INSTRUCTIONS TO FOLLOW
Using the records below, output the stretch that opens with the line containing "match line.split_once(' ')" and closes with the line containing "let mut cells = StoredCells::new(alloc);", exactly and including both lines, with nothing more.

--

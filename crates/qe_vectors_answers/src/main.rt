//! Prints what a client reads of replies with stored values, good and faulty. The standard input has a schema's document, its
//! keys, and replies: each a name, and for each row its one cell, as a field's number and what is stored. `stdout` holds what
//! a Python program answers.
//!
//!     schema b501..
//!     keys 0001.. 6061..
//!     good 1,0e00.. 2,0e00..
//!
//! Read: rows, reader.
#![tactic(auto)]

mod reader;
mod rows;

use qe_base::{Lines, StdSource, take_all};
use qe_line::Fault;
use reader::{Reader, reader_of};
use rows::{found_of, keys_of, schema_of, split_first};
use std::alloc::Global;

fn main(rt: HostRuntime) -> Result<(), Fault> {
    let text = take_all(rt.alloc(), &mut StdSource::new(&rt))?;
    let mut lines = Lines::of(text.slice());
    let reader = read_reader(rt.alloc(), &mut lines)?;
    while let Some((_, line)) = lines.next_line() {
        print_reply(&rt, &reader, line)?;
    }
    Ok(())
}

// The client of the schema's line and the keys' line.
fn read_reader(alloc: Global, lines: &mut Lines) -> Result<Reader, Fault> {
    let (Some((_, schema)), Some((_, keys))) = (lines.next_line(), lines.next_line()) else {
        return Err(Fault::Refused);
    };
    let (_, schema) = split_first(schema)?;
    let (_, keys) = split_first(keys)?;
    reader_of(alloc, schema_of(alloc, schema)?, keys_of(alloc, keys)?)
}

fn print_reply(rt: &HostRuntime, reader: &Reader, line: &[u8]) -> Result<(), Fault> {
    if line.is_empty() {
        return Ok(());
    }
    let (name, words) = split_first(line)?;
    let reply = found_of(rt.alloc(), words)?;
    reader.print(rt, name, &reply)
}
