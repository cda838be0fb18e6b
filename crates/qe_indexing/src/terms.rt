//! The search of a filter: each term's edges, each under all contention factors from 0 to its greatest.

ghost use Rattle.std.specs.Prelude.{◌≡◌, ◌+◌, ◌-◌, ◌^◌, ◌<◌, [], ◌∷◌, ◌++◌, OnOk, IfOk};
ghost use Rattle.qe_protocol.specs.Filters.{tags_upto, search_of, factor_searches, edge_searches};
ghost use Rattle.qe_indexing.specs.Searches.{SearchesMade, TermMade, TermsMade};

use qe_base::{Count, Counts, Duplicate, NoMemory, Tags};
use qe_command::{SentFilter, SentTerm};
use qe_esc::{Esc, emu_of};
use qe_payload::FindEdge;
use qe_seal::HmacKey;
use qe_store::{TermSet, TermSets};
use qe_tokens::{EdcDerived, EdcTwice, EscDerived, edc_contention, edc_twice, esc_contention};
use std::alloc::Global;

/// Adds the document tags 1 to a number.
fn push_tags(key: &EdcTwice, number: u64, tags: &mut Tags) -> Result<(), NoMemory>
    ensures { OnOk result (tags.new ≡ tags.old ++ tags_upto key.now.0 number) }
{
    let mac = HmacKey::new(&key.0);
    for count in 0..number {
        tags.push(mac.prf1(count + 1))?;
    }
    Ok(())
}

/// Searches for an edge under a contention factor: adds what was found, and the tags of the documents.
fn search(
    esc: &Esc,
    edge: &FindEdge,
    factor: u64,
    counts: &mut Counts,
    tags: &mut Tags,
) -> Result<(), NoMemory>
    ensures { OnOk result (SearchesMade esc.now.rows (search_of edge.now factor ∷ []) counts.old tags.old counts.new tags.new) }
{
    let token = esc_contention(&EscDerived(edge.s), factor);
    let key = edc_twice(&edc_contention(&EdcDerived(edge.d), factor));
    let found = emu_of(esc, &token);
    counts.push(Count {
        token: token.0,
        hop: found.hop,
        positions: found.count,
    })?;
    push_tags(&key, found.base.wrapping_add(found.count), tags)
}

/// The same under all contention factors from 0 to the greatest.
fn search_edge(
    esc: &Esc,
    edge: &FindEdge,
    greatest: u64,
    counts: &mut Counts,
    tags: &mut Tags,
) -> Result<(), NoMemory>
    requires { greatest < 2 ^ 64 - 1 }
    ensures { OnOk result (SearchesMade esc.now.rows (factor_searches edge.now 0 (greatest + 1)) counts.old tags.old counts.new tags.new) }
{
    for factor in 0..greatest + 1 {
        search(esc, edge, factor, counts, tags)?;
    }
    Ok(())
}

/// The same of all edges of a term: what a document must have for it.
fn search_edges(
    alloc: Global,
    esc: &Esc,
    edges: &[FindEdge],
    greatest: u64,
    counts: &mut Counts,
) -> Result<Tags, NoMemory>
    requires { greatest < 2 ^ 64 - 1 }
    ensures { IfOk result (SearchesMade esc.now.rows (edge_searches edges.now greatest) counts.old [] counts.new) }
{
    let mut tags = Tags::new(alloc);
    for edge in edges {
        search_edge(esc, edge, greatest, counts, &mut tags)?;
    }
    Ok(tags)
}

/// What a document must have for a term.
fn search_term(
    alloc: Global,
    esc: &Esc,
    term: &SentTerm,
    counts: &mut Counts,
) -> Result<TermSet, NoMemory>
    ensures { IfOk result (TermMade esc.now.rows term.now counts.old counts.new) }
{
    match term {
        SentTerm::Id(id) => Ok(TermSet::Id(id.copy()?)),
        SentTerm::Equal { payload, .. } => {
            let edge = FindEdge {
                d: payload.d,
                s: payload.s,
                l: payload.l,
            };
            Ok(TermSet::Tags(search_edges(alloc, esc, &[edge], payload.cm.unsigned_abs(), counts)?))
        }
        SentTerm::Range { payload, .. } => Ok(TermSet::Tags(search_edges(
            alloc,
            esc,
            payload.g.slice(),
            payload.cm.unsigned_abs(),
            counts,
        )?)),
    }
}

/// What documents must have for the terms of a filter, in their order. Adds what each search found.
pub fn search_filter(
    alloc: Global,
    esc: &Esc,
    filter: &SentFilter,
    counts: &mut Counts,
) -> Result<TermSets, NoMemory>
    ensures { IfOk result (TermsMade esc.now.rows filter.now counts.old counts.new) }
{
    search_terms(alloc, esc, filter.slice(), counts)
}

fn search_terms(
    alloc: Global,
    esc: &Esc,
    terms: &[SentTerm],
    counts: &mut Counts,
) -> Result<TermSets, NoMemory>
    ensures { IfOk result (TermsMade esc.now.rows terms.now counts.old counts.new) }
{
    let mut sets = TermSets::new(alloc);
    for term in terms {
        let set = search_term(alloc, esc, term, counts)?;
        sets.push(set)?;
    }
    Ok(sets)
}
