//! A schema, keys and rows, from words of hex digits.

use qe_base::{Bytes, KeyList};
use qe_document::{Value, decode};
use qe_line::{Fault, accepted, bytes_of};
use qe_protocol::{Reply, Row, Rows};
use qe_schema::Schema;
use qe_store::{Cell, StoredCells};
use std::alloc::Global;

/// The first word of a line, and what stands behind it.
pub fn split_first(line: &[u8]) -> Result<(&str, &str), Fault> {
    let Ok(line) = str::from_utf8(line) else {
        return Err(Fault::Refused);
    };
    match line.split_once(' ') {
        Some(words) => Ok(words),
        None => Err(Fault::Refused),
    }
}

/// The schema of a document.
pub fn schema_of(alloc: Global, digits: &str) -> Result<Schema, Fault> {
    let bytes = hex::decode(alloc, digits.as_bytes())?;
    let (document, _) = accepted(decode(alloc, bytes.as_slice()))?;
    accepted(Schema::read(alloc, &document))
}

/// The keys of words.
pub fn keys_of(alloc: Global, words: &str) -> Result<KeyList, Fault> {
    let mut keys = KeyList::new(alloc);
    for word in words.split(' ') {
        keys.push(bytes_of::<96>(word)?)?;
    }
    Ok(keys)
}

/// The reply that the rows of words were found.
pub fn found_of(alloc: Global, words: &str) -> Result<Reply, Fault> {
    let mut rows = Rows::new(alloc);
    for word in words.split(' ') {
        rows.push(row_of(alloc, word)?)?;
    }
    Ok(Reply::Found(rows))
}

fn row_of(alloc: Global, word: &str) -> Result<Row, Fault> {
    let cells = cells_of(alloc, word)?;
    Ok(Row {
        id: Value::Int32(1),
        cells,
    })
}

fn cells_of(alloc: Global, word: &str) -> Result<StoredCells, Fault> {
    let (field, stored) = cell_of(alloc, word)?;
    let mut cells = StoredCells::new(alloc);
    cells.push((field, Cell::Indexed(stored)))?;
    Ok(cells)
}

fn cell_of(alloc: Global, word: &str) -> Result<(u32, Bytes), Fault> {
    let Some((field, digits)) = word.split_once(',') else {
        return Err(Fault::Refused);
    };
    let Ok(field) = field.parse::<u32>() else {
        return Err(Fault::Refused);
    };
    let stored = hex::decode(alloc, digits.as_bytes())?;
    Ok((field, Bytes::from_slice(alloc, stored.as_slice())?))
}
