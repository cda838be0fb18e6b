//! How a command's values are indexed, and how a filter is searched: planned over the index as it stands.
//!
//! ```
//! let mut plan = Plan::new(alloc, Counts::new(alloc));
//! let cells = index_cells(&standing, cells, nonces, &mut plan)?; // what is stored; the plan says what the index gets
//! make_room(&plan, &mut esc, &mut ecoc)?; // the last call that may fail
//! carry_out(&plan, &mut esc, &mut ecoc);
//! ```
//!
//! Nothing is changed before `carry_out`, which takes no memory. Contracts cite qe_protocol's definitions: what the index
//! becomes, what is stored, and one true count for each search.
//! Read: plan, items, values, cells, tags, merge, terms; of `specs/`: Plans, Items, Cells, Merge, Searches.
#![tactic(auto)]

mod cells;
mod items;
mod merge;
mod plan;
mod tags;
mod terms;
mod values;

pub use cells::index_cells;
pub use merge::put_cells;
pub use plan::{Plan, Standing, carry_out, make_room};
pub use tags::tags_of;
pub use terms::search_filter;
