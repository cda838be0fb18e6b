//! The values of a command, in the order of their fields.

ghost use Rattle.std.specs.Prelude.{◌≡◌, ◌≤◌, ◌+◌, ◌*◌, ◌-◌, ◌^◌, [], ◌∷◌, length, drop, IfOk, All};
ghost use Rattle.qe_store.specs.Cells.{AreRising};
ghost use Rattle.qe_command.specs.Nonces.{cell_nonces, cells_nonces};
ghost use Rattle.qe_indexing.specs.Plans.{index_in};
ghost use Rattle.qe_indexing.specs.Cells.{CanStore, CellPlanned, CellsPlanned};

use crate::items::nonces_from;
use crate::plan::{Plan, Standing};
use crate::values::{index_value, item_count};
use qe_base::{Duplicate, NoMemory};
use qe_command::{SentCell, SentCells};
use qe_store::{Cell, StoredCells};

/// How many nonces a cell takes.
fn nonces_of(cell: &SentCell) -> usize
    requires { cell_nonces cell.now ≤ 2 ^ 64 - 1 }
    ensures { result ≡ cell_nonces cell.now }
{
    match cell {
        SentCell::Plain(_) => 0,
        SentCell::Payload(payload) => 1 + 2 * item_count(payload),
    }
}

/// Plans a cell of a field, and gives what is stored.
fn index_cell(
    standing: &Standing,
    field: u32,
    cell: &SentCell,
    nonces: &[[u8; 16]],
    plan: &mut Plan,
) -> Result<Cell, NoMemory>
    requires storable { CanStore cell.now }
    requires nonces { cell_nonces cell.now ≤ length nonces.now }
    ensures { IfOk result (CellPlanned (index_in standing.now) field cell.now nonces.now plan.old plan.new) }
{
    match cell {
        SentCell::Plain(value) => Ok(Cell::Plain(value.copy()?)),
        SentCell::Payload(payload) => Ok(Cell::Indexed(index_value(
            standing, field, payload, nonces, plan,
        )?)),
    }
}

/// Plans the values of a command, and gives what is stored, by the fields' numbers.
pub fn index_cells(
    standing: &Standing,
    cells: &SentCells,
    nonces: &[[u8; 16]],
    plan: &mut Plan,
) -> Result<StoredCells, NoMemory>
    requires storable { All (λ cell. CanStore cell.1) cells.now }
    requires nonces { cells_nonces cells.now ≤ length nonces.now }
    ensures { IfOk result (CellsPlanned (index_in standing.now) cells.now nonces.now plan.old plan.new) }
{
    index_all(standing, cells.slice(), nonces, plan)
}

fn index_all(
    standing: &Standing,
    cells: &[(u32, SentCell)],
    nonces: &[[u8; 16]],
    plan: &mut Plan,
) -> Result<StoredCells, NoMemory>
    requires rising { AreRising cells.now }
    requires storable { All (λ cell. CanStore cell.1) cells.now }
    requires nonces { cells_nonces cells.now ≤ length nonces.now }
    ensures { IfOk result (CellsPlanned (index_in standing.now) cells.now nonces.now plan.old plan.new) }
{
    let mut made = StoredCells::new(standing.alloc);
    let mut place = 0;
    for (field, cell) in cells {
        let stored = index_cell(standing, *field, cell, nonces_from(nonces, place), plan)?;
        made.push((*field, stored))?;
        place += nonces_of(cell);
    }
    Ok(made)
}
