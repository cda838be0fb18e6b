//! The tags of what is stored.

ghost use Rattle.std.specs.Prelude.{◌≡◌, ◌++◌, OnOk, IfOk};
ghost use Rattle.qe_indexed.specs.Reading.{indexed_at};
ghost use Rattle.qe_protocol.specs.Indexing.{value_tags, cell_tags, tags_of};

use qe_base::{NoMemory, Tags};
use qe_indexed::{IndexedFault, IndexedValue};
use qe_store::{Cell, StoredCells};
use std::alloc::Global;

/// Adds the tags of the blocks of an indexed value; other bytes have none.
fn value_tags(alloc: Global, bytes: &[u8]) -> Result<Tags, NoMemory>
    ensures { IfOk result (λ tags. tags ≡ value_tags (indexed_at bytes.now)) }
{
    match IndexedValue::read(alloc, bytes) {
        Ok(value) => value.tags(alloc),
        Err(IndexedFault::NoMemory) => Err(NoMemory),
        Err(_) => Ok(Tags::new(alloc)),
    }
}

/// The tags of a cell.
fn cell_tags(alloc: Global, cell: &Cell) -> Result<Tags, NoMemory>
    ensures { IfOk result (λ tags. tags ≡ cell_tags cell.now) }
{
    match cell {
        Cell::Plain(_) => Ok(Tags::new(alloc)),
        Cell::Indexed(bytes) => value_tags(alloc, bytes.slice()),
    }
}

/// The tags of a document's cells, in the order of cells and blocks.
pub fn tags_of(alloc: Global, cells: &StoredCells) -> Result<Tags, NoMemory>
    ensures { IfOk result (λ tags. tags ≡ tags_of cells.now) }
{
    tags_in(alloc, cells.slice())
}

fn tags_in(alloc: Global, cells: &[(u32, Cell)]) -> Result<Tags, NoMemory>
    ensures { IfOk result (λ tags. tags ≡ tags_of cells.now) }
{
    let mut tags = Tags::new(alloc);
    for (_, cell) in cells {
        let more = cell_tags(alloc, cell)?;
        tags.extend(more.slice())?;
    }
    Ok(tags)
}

--

RESULT FOR THIS TASK
    match line.split_once(' ') {
        Some(words) => Ok(words),
        None => Err(Fault::Refused),
    }
}

/// The schema of a document.
pub fn schema_of(alloc: Global, digits: &str) -> Result<Schema, Fault> {
    let bytes = hex::decode(alloc, digits.as_bytes())?;
    let (document, _) = accepted(decode(alloc, bytes.as_slice()))?;
    accepted(Schema::read(alloc, &document))
}

/// The keys of words.
pub fn keys_of(alloc: Global, words: &str) -> Result<KeyList, Fault> {
    let mut keys = KeyList::new(alloc);
    for word in words.split(' ') {
        keys.push(bytes_of::<96>(word)?)?;
    }
    Ok(keys)
}

/// The reply that the rows of words were found.
pub fn found_of(alloc: Global, words: &str) -> Result<Reply, Fault> {
    let mut rows = Rows::new(alloc);
    for word in words.split(' ') {
        rows.push(row_of(alloc, word)?)?;
    }
    Ok(Reply::Found(rows))
}

fn row_of(alloc: Global, word: &str) -> Result<Row, Fault> {
    let cells = cells_of(alloc, word)?;
    Ok(Row {
        id: Value::Int32(1),
        cells,
    })
}

fn cells_of(alloc: Global, word: &str) -> Result<StoredCells, Fault> {
    let (field, stored) = cell_of(alloc, word)?;
    let mut cells = StoredCells::new(alloc);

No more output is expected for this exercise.